WHAT YOU HAVE TO DO: Out of the data below, copy every line with the string "IsCutOff".

◇ ◇ ◇

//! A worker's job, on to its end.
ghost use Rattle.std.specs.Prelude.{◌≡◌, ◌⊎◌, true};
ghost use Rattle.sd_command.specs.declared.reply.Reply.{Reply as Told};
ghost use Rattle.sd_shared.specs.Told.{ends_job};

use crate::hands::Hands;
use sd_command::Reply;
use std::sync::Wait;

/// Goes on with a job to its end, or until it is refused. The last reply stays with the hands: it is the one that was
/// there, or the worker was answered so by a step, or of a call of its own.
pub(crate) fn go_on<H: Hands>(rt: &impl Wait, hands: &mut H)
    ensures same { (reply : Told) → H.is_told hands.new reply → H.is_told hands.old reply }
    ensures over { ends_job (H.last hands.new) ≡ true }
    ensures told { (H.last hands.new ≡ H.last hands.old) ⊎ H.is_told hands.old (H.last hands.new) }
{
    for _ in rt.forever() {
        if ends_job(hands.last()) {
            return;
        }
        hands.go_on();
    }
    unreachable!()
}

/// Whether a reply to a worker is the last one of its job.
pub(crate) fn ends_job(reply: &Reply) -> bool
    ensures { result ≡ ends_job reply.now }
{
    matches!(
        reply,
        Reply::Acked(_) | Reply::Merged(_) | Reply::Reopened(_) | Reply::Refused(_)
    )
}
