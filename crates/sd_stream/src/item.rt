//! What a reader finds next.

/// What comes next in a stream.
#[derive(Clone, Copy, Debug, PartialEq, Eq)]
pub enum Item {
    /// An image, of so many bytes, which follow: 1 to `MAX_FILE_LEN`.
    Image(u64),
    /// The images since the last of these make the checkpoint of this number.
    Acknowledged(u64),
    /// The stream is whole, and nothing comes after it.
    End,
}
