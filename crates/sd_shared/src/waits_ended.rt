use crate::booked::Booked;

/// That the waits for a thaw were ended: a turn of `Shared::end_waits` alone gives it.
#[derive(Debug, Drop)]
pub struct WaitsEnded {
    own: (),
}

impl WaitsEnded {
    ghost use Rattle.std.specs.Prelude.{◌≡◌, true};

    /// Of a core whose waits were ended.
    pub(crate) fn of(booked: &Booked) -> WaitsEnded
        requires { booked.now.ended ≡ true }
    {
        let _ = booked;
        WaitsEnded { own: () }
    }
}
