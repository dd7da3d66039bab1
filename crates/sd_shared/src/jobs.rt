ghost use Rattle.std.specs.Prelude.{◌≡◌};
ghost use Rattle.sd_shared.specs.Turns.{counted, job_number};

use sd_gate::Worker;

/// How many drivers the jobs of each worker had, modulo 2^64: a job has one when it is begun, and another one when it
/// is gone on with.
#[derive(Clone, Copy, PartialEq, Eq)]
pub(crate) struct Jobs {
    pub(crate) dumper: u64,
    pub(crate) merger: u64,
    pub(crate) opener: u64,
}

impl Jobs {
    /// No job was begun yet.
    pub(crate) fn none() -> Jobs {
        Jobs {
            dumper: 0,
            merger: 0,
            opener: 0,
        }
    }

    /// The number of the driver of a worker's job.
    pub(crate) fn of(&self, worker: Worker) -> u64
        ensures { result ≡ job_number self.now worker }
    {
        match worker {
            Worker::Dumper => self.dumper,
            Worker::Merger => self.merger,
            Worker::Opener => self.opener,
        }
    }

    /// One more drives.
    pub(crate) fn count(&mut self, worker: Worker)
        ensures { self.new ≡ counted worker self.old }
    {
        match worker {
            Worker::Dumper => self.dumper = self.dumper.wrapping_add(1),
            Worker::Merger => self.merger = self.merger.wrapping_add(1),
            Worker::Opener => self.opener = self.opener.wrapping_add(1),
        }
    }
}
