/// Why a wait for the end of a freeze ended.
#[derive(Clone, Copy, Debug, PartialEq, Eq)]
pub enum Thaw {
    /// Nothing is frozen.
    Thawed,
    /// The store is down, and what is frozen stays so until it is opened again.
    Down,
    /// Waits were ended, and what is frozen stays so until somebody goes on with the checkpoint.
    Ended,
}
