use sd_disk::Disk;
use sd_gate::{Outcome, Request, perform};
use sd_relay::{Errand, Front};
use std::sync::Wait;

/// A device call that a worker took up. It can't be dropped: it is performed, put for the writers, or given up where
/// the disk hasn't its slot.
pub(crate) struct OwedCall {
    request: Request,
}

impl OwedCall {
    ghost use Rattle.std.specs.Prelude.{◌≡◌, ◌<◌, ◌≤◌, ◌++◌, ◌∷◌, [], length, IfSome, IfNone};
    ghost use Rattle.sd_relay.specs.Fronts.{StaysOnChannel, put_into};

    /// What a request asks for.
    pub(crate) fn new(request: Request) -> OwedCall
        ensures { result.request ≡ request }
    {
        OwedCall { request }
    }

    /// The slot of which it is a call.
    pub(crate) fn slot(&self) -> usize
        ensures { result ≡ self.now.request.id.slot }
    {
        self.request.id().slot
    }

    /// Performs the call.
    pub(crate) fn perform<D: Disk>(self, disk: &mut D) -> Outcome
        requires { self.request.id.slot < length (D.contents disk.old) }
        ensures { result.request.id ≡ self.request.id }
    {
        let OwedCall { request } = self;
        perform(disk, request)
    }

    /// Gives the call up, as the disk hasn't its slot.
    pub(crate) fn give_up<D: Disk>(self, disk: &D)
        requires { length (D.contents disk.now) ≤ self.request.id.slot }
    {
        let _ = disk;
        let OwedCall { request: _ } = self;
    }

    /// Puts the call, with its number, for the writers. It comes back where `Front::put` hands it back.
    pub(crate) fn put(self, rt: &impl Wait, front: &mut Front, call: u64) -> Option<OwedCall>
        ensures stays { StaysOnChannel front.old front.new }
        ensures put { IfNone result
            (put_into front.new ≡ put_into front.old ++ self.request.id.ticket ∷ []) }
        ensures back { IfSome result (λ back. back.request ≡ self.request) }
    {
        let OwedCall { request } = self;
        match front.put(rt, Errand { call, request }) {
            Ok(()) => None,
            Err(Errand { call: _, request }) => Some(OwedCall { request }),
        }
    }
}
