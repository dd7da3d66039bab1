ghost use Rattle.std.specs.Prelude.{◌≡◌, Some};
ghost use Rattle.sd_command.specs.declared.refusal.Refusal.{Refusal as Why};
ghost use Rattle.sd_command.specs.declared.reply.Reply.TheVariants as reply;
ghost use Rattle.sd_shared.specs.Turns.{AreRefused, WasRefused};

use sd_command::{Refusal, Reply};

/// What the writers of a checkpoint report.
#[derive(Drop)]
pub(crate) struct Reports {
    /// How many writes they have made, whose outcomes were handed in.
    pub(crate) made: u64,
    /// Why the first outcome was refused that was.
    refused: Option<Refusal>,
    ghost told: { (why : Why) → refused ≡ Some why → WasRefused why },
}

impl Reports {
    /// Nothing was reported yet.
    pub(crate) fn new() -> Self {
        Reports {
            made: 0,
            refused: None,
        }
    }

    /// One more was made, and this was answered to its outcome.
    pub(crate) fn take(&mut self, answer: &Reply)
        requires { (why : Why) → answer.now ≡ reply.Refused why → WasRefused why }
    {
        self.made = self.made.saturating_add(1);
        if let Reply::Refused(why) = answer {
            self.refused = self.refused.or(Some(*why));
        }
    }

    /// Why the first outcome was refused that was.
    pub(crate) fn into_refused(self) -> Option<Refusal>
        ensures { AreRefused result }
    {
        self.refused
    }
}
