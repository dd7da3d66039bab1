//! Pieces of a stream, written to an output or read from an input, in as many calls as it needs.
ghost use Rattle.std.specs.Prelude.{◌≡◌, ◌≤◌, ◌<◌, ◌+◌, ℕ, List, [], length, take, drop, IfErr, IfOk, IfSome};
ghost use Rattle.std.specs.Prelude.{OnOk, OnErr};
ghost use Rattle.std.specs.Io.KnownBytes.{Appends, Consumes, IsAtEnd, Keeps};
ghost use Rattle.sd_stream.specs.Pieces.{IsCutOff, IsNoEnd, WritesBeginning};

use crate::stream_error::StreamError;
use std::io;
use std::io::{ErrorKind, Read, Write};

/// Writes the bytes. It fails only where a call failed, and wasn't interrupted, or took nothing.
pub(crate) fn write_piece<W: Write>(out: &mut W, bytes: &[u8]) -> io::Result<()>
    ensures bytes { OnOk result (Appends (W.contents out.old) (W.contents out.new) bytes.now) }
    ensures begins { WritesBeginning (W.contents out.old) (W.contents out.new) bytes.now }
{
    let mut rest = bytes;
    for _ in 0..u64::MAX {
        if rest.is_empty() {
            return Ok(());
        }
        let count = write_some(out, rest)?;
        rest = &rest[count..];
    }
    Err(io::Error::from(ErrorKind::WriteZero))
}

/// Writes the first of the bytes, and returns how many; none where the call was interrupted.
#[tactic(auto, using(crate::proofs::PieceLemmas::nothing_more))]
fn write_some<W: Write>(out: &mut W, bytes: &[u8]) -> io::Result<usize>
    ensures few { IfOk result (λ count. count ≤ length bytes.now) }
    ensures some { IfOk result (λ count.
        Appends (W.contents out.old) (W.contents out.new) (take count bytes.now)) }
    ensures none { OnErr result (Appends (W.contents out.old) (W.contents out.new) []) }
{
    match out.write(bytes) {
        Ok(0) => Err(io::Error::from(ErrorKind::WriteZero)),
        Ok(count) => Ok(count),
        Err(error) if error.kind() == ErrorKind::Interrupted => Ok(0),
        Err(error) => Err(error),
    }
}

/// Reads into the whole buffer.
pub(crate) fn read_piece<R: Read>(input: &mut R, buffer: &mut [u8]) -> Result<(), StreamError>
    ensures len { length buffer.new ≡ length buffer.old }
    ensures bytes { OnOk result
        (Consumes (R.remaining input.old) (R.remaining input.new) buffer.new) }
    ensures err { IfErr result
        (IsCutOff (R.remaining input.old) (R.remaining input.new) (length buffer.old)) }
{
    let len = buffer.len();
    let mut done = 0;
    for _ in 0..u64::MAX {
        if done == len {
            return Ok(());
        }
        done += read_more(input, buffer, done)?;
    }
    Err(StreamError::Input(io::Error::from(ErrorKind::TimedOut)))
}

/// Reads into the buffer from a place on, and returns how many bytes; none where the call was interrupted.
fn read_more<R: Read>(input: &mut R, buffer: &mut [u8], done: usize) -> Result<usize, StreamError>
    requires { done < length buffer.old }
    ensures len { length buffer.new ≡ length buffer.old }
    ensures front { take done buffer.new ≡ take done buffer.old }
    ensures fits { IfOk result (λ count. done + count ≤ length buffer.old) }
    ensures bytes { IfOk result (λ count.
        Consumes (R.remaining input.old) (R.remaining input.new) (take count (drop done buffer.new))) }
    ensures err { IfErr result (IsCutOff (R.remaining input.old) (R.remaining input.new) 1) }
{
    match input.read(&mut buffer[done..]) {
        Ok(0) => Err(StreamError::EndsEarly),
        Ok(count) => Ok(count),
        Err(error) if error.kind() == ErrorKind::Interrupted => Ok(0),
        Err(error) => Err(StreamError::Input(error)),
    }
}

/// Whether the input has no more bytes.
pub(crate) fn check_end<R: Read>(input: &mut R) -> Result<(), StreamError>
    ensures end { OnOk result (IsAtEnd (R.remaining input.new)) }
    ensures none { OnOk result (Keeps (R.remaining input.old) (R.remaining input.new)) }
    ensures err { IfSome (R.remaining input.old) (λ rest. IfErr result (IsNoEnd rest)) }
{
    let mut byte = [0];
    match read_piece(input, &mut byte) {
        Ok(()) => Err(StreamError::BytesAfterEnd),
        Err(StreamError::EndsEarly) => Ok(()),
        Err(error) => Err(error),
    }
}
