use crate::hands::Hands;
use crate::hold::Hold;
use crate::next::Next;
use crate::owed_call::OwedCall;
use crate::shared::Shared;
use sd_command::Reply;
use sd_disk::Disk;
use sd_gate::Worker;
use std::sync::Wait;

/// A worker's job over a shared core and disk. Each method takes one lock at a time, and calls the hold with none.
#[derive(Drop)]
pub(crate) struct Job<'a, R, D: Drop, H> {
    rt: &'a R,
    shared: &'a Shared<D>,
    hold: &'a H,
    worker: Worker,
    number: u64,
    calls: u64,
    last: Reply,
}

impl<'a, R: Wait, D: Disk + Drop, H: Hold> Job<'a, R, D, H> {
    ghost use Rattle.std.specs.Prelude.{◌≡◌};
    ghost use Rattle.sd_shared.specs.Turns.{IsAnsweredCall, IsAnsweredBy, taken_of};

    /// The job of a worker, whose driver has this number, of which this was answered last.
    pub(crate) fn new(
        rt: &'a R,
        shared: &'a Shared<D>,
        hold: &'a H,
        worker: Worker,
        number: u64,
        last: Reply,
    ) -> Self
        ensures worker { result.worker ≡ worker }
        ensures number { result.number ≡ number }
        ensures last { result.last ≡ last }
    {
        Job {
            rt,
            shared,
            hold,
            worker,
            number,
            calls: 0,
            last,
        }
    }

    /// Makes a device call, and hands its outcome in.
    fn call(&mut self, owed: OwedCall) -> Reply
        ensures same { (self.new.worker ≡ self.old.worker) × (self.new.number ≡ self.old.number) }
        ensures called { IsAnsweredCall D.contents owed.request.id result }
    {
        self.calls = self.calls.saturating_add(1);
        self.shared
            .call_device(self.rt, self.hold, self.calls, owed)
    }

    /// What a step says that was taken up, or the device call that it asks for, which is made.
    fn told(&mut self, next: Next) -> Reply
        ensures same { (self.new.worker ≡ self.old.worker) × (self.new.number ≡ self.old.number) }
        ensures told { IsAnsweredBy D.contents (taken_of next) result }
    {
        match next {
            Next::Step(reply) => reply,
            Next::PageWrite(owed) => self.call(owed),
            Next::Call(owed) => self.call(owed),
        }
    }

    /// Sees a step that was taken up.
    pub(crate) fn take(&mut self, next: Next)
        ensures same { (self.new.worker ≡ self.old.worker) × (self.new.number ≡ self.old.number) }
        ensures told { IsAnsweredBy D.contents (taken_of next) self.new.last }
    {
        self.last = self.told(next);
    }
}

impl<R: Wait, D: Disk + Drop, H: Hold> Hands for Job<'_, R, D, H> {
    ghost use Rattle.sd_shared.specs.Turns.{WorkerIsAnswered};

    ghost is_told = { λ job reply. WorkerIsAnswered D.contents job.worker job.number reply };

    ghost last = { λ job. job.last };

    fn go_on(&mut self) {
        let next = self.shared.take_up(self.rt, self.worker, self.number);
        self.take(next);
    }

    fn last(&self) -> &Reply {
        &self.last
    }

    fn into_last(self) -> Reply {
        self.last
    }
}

◇ ◇ ◇

YOUR SOLUTION:
ghost use Rattle.sd_stream.specs.Pieces.{IsCutOff, IsNoEnd, WritesBeginning};
        (IsCutOff (R.remaining input.old) (R.remaining input.new) (length buffer.old)) }
    ensures err { IfErr result (IsCutOff (R.remaining input.old) (R.remaining input.new) 1) }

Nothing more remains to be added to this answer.